-- PROBLEM REQUIREMENTS --
Give the count of lines that hold the word "HeldOps" in this listing, with nothing added.
════════════════
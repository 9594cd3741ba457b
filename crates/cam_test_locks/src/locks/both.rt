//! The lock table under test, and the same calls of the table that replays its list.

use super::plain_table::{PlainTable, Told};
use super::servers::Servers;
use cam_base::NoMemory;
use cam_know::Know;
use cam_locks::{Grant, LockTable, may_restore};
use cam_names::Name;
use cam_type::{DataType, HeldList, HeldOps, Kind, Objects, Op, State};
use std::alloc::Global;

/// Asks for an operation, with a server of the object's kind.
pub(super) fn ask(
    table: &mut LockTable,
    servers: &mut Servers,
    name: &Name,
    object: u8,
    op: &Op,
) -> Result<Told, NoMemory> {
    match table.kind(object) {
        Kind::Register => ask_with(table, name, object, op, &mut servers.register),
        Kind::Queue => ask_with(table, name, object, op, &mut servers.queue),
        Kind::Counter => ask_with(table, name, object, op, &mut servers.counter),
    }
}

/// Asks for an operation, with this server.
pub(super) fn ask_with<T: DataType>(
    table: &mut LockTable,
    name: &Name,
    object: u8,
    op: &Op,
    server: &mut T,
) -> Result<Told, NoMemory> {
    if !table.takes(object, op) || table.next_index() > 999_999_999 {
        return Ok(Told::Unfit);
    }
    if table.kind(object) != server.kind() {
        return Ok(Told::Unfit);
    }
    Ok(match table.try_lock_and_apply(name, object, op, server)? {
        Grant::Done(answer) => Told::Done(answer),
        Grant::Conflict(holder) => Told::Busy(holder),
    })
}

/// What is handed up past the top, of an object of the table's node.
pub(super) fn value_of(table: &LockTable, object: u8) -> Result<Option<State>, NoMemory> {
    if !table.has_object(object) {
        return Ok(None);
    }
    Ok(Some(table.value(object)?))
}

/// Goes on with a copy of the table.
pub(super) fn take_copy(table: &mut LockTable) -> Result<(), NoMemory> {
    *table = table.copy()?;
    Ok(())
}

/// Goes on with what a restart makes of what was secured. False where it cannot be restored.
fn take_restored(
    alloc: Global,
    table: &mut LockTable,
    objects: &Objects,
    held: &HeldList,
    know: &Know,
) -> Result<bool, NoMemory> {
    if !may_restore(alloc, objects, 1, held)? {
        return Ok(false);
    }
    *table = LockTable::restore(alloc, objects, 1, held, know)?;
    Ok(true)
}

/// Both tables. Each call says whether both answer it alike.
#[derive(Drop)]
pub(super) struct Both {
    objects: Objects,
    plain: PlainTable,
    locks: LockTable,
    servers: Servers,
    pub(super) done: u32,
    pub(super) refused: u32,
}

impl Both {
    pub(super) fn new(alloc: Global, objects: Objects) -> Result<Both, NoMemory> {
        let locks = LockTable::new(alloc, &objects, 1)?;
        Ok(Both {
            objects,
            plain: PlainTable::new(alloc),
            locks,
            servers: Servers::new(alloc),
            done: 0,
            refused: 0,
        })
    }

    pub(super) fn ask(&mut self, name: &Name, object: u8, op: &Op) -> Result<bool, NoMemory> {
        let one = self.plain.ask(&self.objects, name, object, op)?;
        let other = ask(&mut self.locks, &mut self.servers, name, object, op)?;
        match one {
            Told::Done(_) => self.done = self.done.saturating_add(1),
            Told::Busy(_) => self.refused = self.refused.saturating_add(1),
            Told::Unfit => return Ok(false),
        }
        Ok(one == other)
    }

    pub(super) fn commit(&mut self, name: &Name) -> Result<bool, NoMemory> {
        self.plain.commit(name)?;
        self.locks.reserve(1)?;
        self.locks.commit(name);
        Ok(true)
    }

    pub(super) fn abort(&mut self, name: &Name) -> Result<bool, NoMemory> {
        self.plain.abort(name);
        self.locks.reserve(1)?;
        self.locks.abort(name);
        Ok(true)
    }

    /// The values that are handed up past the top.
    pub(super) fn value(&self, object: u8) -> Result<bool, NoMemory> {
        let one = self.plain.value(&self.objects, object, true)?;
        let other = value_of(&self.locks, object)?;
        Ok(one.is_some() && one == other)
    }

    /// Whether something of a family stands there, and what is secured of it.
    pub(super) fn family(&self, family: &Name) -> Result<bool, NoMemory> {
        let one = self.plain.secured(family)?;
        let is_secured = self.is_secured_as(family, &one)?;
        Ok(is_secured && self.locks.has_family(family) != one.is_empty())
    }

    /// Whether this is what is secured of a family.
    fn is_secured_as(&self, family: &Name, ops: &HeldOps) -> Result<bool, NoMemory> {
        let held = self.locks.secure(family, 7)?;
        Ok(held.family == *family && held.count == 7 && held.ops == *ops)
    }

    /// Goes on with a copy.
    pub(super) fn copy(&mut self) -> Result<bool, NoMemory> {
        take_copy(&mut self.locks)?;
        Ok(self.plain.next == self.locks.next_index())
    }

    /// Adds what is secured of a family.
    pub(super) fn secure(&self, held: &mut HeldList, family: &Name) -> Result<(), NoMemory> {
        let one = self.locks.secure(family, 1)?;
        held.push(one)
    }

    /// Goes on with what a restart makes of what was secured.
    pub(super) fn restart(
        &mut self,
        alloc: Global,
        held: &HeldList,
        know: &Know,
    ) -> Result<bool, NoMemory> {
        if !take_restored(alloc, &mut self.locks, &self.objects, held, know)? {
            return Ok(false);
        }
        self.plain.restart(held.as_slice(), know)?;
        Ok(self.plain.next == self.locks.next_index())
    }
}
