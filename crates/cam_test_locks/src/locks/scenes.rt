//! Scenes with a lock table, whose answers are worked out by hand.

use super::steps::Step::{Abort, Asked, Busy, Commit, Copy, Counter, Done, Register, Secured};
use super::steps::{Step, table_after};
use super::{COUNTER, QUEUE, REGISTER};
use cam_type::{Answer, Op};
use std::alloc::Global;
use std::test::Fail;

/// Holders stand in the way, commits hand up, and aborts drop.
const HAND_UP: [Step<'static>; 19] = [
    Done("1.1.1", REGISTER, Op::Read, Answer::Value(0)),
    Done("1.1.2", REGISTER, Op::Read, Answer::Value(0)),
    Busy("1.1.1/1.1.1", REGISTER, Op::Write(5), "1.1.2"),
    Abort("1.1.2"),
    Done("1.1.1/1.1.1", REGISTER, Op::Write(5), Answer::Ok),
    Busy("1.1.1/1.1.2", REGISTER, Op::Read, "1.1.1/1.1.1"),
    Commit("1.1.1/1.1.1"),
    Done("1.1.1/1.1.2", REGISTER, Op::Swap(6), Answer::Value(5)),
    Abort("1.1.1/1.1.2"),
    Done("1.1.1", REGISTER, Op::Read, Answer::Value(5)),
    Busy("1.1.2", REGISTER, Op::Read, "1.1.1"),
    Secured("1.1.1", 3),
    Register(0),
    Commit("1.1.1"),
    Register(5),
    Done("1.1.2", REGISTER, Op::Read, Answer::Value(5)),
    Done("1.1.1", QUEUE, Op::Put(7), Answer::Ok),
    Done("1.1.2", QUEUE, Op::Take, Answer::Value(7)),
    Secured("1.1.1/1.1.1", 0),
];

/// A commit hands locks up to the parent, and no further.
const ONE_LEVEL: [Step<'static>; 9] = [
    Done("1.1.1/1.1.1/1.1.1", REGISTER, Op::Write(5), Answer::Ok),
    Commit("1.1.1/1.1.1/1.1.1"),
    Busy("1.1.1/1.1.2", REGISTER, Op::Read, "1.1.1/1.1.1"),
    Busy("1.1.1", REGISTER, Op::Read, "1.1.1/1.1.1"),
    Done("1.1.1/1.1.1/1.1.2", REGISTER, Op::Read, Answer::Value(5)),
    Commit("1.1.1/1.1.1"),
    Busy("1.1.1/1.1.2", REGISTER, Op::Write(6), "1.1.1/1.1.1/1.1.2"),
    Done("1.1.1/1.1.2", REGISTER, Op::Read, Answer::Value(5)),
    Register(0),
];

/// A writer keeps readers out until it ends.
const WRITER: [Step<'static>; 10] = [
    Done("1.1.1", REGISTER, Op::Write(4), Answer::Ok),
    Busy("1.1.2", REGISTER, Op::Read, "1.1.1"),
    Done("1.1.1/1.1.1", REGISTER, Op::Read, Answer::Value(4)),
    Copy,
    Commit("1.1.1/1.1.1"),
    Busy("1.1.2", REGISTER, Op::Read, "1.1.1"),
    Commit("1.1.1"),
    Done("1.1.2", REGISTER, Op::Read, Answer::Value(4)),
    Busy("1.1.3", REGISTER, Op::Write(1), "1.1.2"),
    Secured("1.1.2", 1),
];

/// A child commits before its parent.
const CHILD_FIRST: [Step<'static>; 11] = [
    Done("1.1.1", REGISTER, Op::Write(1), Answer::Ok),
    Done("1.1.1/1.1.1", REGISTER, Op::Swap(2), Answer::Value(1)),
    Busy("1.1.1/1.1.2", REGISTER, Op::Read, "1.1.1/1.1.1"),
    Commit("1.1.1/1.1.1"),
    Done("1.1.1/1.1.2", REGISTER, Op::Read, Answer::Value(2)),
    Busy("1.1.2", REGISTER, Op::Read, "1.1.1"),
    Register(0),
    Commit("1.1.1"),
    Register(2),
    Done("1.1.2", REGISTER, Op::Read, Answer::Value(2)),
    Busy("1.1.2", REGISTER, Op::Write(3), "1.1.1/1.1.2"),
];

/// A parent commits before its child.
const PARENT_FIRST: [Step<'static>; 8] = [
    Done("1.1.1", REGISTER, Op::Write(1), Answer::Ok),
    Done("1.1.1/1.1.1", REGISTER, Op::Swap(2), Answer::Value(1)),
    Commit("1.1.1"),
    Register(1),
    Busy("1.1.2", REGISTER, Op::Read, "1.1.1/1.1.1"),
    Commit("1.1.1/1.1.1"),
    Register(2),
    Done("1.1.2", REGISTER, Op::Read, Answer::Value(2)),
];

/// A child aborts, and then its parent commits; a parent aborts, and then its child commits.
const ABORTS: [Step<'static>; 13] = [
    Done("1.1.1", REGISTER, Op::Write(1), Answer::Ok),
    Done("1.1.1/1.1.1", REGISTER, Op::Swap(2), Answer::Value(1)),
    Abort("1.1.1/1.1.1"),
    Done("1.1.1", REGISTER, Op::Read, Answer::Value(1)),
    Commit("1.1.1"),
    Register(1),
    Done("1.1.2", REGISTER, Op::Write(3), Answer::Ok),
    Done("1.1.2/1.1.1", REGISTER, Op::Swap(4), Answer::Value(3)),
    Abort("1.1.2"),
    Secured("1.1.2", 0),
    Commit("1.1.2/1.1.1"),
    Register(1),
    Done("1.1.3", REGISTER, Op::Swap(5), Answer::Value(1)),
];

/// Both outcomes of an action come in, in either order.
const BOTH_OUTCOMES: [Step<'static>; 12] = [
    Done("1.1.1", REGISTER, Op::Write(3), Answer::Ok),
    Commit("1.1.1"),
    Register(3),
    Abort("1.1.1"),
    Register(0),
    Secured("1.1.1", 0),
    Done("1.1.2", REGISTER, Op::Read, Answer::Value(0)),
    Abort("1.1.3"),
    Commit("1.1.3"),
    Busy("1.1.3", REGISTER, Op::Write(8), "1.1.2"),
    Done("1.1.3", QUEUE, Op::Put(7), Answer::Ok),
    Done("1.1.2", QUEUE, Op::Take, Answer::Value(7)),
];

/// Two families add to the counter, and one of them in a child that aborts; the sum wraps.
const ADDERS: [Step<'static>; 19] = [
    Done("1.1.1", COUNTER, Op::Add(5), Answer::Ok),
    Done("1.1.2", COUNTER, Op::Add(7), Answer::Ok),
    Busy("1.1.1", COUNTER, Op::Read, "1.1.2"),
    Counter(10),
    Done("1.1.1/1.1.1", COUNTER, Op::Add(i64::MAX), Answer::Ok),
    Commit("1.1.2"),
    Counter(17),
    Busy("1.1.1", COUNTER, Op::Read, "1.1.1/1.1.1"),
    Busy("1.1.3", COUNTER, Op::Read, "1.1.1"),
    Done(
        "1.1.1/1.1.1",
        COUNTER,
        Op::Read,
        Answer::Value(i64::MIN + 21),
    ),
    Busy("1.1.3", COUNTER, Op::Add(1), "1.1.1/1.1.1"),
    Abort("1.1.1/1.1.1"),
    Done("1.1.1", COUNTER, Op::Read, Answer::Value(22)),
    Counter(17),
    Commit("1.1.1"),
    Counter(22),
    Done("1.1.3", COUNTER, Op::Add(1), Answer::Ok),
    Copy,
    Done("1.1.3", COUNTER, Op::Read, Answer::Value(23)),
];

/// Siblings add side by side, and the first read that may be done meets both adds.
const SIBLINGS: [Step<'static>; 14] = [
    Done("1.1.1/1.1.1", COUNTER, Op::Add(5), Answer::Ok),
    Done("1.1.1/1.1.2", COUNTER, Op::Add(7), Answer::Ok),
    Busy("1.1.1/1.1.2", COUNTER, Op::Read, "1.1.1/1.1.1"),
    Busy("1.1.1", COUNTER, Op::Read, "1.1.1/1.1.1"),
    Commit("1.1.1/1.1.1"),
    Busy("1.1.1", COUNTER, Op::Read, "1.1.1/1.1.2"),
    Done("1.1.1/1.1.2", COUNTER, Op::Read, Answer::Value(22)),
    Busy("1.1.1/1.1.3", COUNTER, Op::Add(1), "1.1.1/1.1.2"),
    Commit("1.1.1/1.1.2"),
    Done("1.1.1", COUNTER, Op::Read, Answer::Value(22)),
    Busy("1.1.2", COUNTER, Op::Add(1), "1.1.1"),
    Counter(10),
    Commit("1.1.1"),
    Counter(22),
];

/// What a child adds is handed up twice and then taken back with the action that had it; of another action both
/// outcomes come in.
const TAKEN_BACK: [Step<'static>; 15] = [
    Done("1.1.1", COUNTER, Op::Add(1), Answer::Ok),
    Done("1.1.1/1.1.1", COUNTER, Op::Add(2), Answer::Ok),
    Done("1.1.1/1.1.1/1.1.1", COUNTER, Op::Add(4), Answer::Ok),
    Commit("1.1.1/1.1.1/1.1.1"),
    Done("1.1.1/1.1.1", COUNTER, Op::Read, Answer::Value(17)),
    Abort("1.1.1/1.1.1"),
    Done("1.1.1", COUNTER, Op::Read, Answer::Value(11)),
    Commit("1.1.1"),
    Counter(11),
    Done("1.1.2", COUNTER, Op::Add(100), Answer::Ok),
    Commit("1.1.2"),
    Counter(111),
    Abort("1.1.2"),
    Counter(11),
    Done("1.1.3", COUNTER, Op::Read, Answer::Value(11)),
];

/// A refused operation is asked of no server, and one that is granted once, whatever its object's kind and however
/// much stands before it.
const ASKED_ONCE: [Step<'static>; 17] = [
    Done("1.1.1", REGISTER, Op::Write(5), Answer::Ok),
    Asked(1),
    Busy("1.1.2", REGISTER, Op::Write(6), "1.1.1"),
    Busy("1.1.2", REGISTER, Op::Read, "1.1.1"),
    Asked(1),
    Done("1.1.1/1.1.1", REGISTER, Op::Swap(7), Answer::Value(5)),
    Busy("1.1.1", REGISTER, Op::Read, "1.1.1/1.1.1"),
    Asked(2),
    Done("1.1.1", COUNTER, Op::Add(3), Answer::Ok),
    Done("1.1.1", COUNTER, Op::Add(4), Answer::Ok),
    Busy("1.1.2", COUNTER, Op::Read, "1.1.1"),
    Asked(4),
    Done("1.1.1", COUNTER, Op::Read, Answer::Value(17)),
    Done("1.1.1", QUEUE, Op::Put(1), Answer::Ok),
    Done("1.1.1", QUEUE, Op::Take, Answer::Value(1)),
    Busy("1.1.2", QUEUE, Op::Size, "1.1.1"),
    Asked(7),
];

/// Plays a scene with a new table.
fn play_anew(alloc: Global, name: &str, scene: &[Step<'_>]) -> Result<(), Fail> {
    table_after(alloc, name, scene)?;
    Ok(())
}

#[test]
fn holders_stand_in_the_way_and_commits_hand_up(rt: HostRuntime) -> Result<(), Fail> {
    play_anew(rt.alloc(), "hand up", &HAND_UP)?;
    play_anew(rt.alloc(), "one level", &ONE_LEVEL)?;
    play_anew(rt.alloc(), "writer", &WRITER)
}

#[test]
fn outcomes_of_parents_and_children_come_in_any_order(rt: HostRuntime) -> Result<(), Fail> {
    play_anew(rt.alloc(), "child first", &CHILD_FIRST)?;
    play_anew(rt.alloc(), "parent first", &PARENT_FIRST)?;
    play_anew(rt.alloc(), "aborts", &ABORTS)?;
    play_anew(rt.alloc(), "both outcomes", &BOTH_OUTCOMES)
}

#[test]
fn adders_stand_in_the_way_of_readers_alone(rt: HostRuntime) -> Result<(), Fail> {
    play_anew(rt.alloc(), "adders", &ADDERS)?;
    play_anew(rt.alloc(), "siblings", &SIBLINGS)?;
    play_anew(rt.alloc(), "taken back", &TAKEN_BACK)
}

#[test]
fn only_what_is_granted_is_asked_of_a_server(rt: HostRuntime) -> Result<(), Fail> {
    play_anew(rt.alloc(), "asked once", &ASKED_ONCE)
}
════════════════
-- SOLUTION FOR THIS PROBLEM --
2